Furthermore, the current study results reported that having a chronic illness significantly predicts severe psychological distress among physicians. This finding agrees with previous studies and can be explained by increased worries of being more susceptible to infection and its complications (Kiesly et al. 2020; Luo et al. 2020; Tam et al. 2004; Zhang et al. 2020).

Moreover, the current study described a significant association between living with an elderly family member and the severity of psychological distress. Similarly, it was concluded in previous studies that some HCWs suffering from distress were caring for elderly parents, with high fears to transmit the infection to them as they may be more prone to infection, have more severe disease symptoms, and more complications (Grace et al. 2005; Kiesly et al. 2020; Luo et al. 2020; Tsamakis et al. 2020).

Also, exposure to infected people, even outside work, is a significant predictor of severe psychological distress in the current study. This exposure carries the same worry of transmitting the infection to loved ones besides getting infected themselves. If such close contact was with an infected family member, the stress is even more (Kang, Li et al. 2020a, b; Kiesly et al. 2020; Ng et al. 2020; Wu et al. 2009).

The current study shows that being involved in the direct care of COVID-19 patients (frontline HCWs) is a significant occupational predictor of severe psychological distress.
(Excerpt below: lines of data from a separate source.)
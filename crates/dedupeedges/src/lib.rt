// The entry dedupe_edges: the checks, then the rounds, which a spare lets put everything back.
#![tactic(auto)]

ghost use Rattle.std.specs.Prelude.{◌≡◌};
ghost use Rattle.net.specs.Net.{net};
ghost use Rattle.growth.specs.Growth.{Fitting};
ghost use Rattle.settling.specs.Settling.{begun};
ghost use Rattle.dedupeedges.specs.DedupeEdges.{edges_said, left, Enough, lent_enough, rounds_at, dedupe_edges};

use growth::{Extent, Limits};
use net::Counts;
use refused::Refusal;

// dedupe_edges past the checks: the rows in use go to the spare, the rounds work in place, and a refusal puts everything back.
fn rounds_at(
    rows: &mut [i32],
    positions: &mut [u64],
    normals: &mut [u64],
    references: &mut [i32],
    spare_halfedges: &mut [i32],
    spare_positions: &mut [u64],
    work: &mut [u32],
    list: &mut [u32],
    limits: Limits,
    halfedges: usize,
    vertices: usize,
) -> Result<Extent, Refusal>
    requires { Fitting limits (begun halfedges vertices rows.old positions.old normals.old references.old) × Enough limits halfedges vertices limits.halfedges spare_halfedges.old spare_positions.old work.old list.old }
    ensures { left (edges_said result) rows.new positions.new normals.new references.new spare_halfedges.new spare_positions.new work.new list.new ≡ rounds_at limits halfedges vertices rows.old positions.old normals.old references.old spare_halfedges.old spare_positions.old work.old list.old }
{
    rows::halfedges::copy(rows, spare_halfedges, halfedges);
    rows::triples::copy(positions, spare_positions, vertices);
    let mut used = Extent {
        halfedges,
        vertices,
    };
    let clean = rounds::rounds(
        rows, positions, normals, references, work, list, &mut used, limits,
    );
    let went = clean.and(Ok(()));
    stretches::fill(work, 0, 0, limits.halfedges);
    stretches::fill(list, 0, 0, limits.halfedges);
    settling::settle_grown(
        rows,
        positions,
        normals,
        references,
        spare_halfedges,
        spare_positions,
        halfedges,
        vertices,
        limits,
        used,
        went,
    );
    settling::answer(used, went)
}

// Whether the spare holds the rows in use, and work buffer and list are not too short.
pub fn enough(
    counts: Counts,
    spare_halfedges: &[i32],
    spare_positions: &[u64],
    work: &[u32],
    list: &[u32],
    capacity: usize,
    long: usize,
) -> bool
    ensures { result ≡ lent_enough counts capacity long spare_halfedges.now spare_positions.now work.now list.now }
{
    net::spare_fits(counts, spare_halfedges, spare_positions)
        & net::long_enough(work.len(), long)
        & net::long_enough(list.len(), capacity)
}

// The entry dedupe_edges: on Ok the half-edges and vertices in use afterwards.
#[tactic(auto, using(refused::proofs::Laws::refused_number), unfolding(crate::specs::DedupeEdges::dedupe_edges))]
pub fn dedupe_edges(
    counts: Counts,
    halfedges: &mut [i32],
    positions: &mut [u64],
    normals: &mut [u64],
    references: &mut [i32],
    properties: &[u64],
    spare_halfedges: &mut [i32],
    spare_positions: &mut [u64],
    work: &mut [u32],
    list: &mut [u32],
) -> Result<Extent, Refusal>
    ensures { left (edges_said result) halfedges.new positions.new normals.new references.new spare_halfedges.new spare_positions.new work.new list.new ≡ dedupe_edges counts (net halfedges.old positions.old normals.old references.old properties.now) spare_halfedges.old spare_positions.old work.old list.old }
{
    if !net::shaped(
        counts, halfedges, positions, normals, references, properties,
    ) {
        return Err(Refusal::Shape);
    }
    let limits = settling::limits_of(counts, halfedges, positions, normals, references);
    let capacity = limits.halfedges;
    if !enough(
        counts,
        spare_halfedges,
        spare_positions,
        work,
        list,
        capacity,
        capacity,
    ) {
        return Err(Refusal::ShortBuffer);
    }
    soundness::check_rows(halfedges, counts.halfedges, counts.vertices)?;
    rounds_at(
        halfedges,
        positions,
        normals,
        references,
        spare_halfedges,
        spare_positions,
        work,
        list,
        limits,
        counts.halfedges,
        counts.vertices,
    )
}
During previous outbreaks and current pandemic, almost all studies pointed out that working in the frontline caring of suspected or confirmed cases is a significant predictor of several psychiatric morbidities and higher levels of psychological distress. Frontline work is naturally demanding, both physically and mentally, with longer working hours, pose a higher risk of getting the infection, and more concern of passing it to households (De Brier et al. 2020; Grace et al. 2005; Kang, Li et al. 2020a, b; Kiesly et al. 2020; Koh et al. 2005; Lai et al. 2020; Maunder 2004; Ng et al. 2020; Que et al. 2020; Zhang et al. 2020).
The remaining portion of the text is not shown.